**EXERCISE DETAILS:**
Return, exactly and in full, the lines of the records below starting at the one with "fn behind(stmts: List<Stmt>, parts: Parts)" and ending at the one with "let end = with_value(alloc, program, plan, span, ty, value);", and no other lines.

==== DATA LISTING ====

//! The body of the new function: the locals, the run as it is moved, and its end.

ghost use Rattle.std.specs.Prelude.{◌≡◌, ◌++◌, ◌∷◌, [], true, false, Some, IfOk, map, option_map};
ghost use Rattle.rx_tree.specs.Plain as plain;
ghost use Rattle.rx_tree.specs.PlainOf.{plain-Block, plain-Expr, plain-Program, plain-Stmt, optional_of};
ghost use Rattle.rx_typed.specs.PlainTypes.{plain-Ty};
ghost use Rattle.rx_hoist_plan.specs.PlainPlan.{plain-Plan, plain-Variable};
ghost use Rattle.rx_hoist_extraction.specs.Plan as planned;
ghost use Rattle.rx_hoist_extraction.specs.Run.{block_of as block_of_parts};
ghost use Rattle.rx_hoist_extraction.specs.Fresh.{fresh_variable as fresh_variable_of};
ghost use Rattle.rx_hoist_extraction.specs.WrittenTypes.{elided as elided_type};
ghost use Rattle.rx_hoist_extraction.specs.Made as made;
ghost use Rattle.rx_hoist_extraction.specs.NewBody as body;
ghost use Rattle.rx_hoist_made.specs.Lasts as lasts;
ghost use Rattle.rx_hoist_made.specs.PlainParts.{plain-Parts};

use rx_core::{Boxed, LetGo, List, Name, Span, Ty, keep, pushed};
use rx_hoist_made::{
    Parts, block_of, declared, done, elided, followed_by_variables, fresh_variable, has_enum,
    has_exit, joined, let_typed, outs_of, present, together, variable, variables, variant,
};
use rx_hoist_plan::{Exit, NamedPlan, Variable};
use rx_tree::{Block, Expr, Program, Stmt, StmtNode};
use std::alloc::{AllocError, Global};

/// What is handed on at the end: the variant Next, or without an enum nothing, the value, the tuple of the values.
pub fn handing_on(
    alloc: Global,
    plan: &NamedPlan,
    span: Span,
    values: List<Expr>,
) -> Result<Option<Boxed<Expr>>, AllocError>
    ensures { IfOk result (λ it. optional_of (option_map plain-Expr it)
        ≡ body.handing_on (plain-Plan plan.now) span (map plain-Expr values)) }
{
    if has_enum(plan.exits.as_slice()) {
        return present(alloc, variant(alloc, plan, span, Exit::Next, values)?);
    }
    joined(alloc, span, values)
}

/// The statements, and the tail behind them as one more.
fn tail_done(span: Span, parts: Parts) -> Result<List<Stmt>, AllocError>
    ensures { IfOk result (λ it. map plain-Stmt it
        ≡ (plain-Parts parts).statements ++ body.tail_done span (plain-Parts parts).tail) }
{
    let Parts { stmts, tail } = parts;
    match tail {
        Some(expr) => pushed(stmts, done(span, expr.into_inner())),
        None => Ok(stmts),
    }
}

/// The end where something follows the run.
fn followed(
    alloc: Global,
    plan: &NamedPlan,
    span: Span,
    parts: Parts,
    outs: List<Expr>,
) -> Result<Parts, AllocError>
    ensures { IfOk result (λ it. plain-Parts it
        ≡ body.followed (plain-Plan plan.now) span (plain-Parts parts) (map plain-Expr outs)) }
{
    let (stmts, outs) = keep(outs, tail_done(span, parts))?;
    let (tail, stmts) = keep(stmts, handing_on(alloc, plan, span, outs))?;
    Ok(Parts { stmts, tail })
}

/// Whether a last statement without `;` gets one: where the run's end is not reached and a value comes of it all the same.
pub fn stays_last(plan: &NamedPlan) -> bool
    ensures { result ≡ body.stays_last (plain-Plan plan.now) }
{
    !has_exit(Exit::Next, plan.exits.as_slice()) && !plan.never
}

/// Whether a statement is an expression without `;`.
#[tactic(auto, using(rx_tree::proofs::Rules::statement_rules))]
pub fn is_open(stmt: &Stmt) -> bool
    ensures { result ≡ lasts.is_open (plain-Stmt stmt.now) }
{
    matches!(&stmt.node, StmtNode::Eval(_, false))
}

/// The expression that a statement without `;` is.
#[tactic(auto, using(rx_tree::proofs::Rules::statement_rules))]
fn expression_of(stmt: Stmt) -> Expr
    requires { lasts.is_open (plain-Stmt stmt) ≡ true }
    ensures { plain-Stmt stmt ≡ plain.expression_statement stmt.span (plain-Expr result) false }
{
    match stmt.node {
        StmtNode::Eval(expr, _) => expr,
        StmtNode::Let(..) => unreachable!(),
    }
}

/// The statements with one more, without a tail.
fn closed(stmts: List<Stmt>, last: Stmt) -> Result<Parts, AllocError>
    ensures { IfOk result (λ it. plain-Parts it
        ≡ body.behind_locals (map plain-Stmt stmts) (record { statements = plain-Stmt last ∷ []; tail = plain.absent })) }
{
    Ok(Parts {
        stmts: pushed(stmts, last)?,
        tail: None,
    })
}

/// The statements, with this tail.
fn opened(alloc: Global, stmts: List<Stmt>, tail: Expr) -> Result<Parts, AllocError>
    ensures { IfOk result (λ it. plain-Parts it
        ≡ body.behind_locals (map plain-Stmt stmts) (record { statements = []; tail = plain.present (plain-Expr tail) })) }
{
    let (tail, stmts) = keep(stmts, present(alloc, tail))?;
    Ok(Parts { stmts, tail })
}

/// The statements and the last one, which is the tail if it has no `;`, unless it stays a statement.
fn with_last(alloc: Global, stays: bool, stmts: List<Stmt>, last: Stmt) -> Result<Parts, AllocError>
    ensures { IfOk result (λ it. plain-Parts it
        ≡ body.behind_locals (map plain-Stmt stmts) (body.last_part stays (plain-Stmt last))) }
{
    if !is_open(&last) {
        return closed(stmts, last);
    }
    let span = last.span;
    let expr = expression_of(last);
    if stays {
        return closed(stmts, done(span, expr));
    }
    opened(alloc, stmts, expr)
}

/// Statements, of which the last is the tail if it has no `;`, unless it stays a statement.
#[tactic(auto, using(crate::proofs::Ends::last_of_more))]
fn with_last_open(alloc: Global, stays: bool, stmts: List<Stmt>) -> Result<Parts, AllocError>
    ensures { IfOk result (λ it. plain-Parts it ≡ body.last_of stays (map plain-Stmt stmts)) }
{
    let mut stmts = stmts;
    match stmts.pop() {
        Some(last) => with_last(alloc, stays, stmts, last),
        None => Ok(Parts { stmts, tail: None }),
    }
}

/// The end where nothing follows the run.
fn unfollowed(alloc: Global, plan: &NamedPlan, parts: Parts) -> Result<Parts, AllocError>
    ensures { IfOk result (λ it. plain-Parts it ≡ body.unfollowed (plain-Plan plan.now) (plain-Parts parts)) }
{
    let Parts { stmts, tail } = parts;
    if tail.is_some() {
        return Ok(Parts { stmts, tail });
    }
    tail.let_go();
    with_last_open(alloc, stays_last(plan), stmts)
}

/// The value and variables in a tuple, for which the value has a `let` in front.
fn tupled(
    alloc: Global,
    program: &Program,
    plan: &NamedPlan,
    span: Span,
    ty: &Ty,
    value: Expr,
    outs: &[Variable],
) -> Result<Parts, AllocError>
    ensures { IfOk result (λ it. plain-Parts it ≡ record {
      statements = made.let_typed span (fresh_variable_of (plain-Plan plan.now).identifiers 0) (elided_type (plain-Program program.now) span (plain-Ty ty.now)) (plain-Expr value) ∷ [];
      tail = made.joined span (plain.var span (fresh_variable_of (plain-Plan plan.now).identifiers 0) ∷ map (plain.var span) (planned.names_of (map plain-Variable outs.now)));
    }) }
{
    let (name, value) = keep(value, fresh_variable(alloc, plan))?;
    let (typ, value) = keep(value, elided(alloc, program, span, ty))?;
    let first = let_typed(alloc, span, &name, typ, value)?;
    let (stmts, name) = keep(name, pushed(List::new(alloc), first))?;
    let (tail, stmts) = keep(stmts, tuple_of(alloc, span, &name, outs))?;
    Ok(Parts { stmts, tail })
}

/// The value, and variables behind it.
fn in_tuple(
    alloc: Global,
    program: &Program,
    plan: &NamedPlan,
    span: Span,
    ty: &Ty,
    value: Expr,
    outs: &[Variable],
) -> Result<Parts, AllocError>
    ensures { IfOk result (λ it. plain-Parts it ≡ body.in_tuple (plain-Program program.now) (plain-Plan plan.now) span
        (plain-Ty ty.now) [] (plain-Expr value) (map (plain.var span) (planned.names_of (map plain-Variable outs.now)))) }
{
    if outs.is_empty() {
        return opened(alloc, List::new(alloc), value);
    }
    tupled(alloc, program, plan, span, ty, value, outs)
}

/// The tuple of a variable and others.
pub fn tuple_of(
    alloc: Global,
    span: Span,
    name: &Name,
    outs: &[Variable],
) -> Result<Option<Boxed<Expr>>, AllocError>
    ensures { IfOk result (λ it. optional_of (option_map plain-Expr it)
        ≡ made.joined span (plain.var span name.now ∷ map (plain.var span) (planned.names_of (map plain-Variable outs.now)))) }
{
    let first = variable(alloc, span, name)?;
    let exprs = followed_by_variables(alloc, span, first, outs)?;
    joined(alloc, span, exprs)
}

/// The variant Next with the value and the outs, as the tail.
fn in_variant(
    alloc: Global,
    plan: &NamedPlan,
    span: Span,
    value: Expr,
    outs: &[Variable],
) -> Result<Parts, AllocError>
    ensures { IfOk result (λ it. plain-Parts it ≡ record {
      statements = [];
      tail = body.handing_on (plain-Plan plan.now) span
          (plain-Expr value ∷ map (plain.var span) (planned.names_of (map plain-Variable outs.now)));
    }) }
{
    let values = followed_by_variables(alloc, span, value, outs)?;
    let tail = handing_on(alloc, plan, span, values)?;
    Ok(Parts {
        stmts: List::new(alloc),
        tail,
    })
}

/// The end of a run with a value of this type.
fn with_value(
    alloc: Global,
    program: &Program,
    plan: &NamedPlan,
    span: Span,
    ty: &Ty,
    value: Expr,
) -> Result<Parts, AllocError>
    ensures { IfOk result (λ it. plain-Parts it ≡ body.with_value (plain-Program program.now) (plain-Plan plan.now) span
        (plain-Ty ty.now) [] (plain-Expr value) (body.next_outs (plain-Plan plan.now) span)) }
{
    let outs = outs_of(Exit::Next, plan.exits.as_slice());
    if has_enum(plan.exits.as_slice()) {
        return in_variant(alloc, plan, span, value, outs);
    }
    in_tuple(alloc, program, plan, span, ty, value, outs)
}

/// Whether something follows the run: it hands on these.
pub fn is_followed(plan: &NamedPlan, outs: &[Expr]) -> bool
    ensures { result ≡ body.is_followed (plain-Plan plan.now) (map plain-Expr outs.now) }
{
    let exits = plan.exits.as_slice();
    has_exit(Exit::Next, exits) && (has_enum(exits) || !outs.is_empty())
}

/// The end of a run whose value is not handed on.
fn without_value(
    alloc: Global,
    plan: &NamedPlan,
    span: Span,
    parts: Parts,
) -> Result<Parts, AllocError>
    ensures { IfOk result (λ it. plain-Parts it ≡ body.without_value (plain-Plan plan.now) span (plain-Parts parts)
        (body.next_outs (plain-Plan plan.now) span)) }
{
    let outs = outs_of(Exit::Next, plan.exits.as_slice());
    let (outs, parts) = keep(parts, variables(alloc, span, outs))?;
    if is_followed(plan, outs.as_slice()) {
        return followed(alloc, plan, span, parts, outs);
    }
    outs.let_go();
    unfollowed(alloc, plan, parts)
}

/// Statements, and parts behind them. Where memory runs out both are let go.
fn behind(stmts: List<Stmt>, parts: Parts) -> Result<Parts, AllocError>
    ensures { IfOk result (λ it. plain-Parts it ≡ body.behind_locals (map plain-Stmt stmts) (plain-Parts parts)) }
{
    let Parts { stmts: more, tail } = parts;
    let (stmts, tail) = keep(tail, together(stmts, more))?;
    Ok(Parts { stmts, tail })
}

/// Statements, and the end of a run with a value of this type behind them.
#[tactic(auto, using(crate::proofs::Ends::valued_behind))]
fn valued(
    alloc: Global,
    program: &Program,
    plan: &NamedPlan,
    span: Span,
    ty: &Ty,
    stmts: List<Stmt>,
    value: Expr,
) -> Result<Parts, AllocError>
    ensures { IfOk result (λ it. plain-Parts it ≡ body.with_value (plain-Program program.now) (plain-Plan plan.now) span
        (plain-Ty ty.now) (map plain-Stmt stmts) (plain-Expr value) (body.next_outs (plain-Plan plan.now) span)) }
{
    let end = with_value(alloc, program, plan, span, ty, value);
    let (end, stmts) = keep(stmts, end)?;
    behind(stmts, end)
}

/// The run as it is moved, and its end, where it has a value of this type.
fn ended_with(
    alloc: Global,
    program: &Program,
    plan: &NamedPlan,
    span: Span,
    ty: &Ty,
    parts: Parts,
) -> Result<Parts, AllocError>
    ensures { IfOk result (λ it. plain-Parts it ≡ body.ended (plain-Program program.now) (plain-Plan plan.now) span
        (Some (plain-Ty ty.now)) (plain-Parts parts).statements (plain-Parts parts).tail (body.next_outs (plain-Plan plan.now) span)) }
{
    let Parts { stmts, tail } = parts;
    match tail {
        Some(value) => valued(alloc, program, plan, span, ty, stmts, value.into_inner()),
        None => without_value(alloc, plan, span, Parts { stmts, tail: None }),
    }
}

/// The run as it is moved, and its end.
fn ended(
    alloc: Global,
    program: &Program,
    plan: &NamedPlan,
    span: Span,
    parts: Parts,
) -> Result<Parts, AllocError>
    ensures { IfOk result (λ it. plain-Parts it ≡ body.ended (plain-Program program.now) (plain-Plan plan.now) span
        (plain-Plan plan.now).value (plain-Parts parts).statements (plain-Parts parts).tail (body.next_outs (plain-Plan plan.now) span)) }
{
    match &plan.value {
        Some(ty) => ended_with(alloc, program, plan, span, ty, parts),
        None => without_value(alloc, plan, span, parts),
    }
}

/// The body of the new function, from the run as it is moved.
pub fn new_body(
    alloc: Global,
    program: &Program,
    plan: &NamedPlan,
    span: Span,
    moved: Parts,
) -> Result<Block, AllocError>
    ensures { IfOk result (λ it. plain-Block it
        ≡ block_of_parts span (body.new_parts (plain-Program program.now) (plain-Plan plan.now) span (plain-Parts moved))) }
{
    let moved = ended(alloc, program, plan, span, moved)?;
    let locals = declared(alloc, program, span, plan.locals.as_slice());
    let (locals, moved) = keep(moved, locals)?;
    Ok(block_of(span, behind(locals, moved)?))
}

====

**TASK SOLUTION:**
fn behind(stmts: List<Stmt>, parts: Parts) -> Result<Parts, AllocError>
    ensures { IfOk result (λ it. plain-Parts it ≡ body.behind_locals (map plain-Stmt stmts) (plain-Parts parts)) }
{
    let Parts { stmts: more, tail } = parts;
    let (stmts, tail) = keep(tail, together(stmts, more))?;
    Ok(Parts { stmts, tail })
}

/// Statements, and the end of a run with a value of this type behind them.
#[tactic(auto, using(crate::proofs::Ends::valued_behind))]
fn valued(
    alloc: Global,
    program: &Program,
    plan: &NamedPlan,
    span: Span,
    ty: &Ty,
    stmts: List<Stmt>,
    value: Expr,
) -> Result<Parts, AllocError>
    ensures { IfOk result (λ it. plain-Parts it ≡ body.with_value (plain-Program program.now) (plain-Plan plan.now) span
        (plain-Ty ty.now) (map plain-Stmt stmts) (plain-Expr value) (body.next_outs (plain-Plan plan.now) span)) }
{
    let end = with_value(alloc, program, plan, span, ty, value);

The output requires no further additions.